In uno sbalorditivo 89% dei casi, gli autoesperimenti hanno prodotto esiti favorevoli a sostegno di una teoria o di dati preziosi ricercati. Nelle restanti indagini, in cui i risultati sono stati negativi o inconcludenti, alcuni risultati negativi potrebbero essere vantaggiosi per indirizzare i ricercatori verso linee di ricerca più fruttuose. (Fonte: National Library of Medicine)
Qual è stato il prezzo pagato per questi risultati?

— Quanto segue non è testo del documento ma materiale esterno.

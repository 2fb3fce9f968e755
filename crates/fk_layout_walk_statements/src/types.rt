//! What a declaration declares, by its words.

ghost use Rattle.std.specs.Prelude.{◌≡◌};
ghost use Rattle.fk_syntax.specs.View.{type_of};
ghost use Rattle.fk_syntax.specs.ProgramView.{declared_of};
ghost use Rattle.fk_meaning_forms.specs.Statements as s;

use fk_syntax::{Base, Declared, TypeName};

/// Whether a declaration declares a number or a pointer.
pub(crate) fn is_scalar(declared: &Declared) -> bool
    ensures { result ≡ s.is_scalar (declared_of declared.now) }
{
    match declared.length {
        Some(_) => false,
        None => !is_struct(&declared.kind),
    }
}

// Whether a type is a struct.
fn is_struct(kind: &TypeName) -> bool
    ensures { result ≡ s.is_struct (type_of kind.now) }
{
    match kind.base {
        Base::Struct(_) => kind.stars == 0,
        Base::Int | Base::Unsigned | Base::Void => false,
    }
}
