//! The operations of functions, and of a text.

ghost use Rattle.std.specs.Prelude.{◌≡◌, ◌∷◌, List, map, codes, is_some};
ghost use Rattle.fk_syntax.specs.View.{named};
ghost use Rattle.fk_syntax.specs.Program.{ItemTree, statements_of};
ghost use Rattle.fk_syntax.specs.ProgramView.{statement_of, function_of, item_of};
ghost use Rattle.fk_meaning_forms.specs.Tables.{frame_at};
ghost use Rattle.fk_meaning_forms.specs.Expressions.{is_name};
ghost use Rattle.fk_meaning_forms.specs.Statements as s;
ghost use Rattle.fk_meaning_forms.specs.Program as f;
ghost use Rattle.fk_layout_walk.specs.Known.{tables_of, functions_of, IsSound};
ghost use Rattle.fk_layout_walk.specs.Through.{through};
ghost use Rattle.fk_layout_walk_statements.specs.Inside.{inside_of};
ghost use Rattle.fk_layout_walk_statements.specs.Texts.{functions_in, code_in, through_all};

use crate::inside::Inside;
use crate::nested::statements;
use crate::simple::finish;
use fk_layout_walk::{ProgramTables, Visitor, is_nothing};
use fk_syntax::{Function, Item, Name, Stmt};

// The facts about a function that its statements need.
fn inside_function(known: &ProgramTables, name: Name) -> Inside
    requires { IsSound known.now }
    ensures main { result.main ≡ is_name (named name.entry) (codes "main") }
    ensures framed { result.framed
        ≡ is_some (frame_at (tables_of known.now) (named name.entry).at 0) }
{
    Inside {
        main: name.bytes == b"main".as_slice(),
        framed: known.is_framed(name.at, false),
    }
}

// The statements of a function, and its end.
fn body<V: Visitor>(
    known: &ProgramTables,
    visitor: &mut V,
    list: &[Stmt],
    inside: Inside,
    void: bool,
)
    requires { IsSound known.now }
    ensures { visitor.new ≡ through V.after V.counts (functions_of known.now) visitor.old
        (s.body_of (tables_of known.now) (functions_of known.now) (inside_of inside) void
        (statements_of (map statement_of list.now))) }
{
    if statements(known, visitor, inside, list).is_some() {
        finish(known, visitor, inside, void);
    }
}

/// Shows a visitor the operations of a function, with that of its end. A function without a body
/// has none.
pub fn function<V: Visitor>(known: &ProgramTables, visitor: &mut V, whole: &Function)
    requires { IsSound known.now }
    ensures { visitor.new ≡ through V.after V.counts (functions_of known.now) visitor.old
        (code_in known.now (function_of whole.now)) }
{
    if let Some(list) = &whole.body {
        let inside = inside_function(known, whole.name);
        body(known, visitor, list, inside, is_nothing(&whole.result));
    }
}

// Shows a visitor the operations of an item; only functions have any.
fn item<V: Visitor>(known: &ProgramTables, visitor: &mut V, whole: &Item)
    requires { IsSound known.now }
    ensures { (others : List ItemTree)
        → through_all V.after V.counts known.now visitor.old
        (f.functions_of (item_of whole.now ∷ others))
        ≡ through_all V.after V.counts known.now visitor.new (f.functions_of others) }
{
    match whole {
        Item::Function(whole) => function(known, visitor, whole),
        Item::Struct(_, _) | Item::Variables(_) => {}
    }
}

fn items<V: Visitor>(known: &ProgramTables, visitor: &mut V, list: &[Item])
    requires { IsSound known.now }
    ensures { visitor.new ≡ through_all V.after V.counts known.now visitor.old
        (f.functions_of (map item_of list.now)) }
{
    for one in list {
        item(known, visitor, one);
    }
}

/// Shows a visitor all operations of the text, function by function in its order.
pub fn text<V: Visitor>(known: &ProgramTables, visitor: &mut V)
    requires { IsSound known.now }
    ensures { visitor.new ≡ through_all V.after V.counts known.now visitor.old
        (functions_in known.now) }
{
    items(known, visitor, known.items);
}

Naturalmente, l'esito negativo più ovvio è stata la morte dello scienziato direttamente dal suo autoesperimento: otto morti simili, tutte causate da infezioni infettive tranne una. Nel caso di Alexander Bogdanov, sembra che sia morto a causa di una grave reazione immunologica alle numerose trasfusioni di sangue che ha ricevuto. Sebbene la morte come risultato diretto dell'intervento fosse evidente, ci sono stati casi di grave malattia acuta. (Fonte: National Library of Medicine)
Gli scienziati pazzi
Numerosi eminenti scienziati, tra cui almeno cinque premi Nobel, si sono impegnati nell'autosperimentazione; in diversi casi il premio è stato concesso per scoperte rese possibili dall'auto-sperimentazione. Molte prove erano pericolose; i partecipanti sono stati esposti a sostanze chimiche infettive, velenose o radioattive.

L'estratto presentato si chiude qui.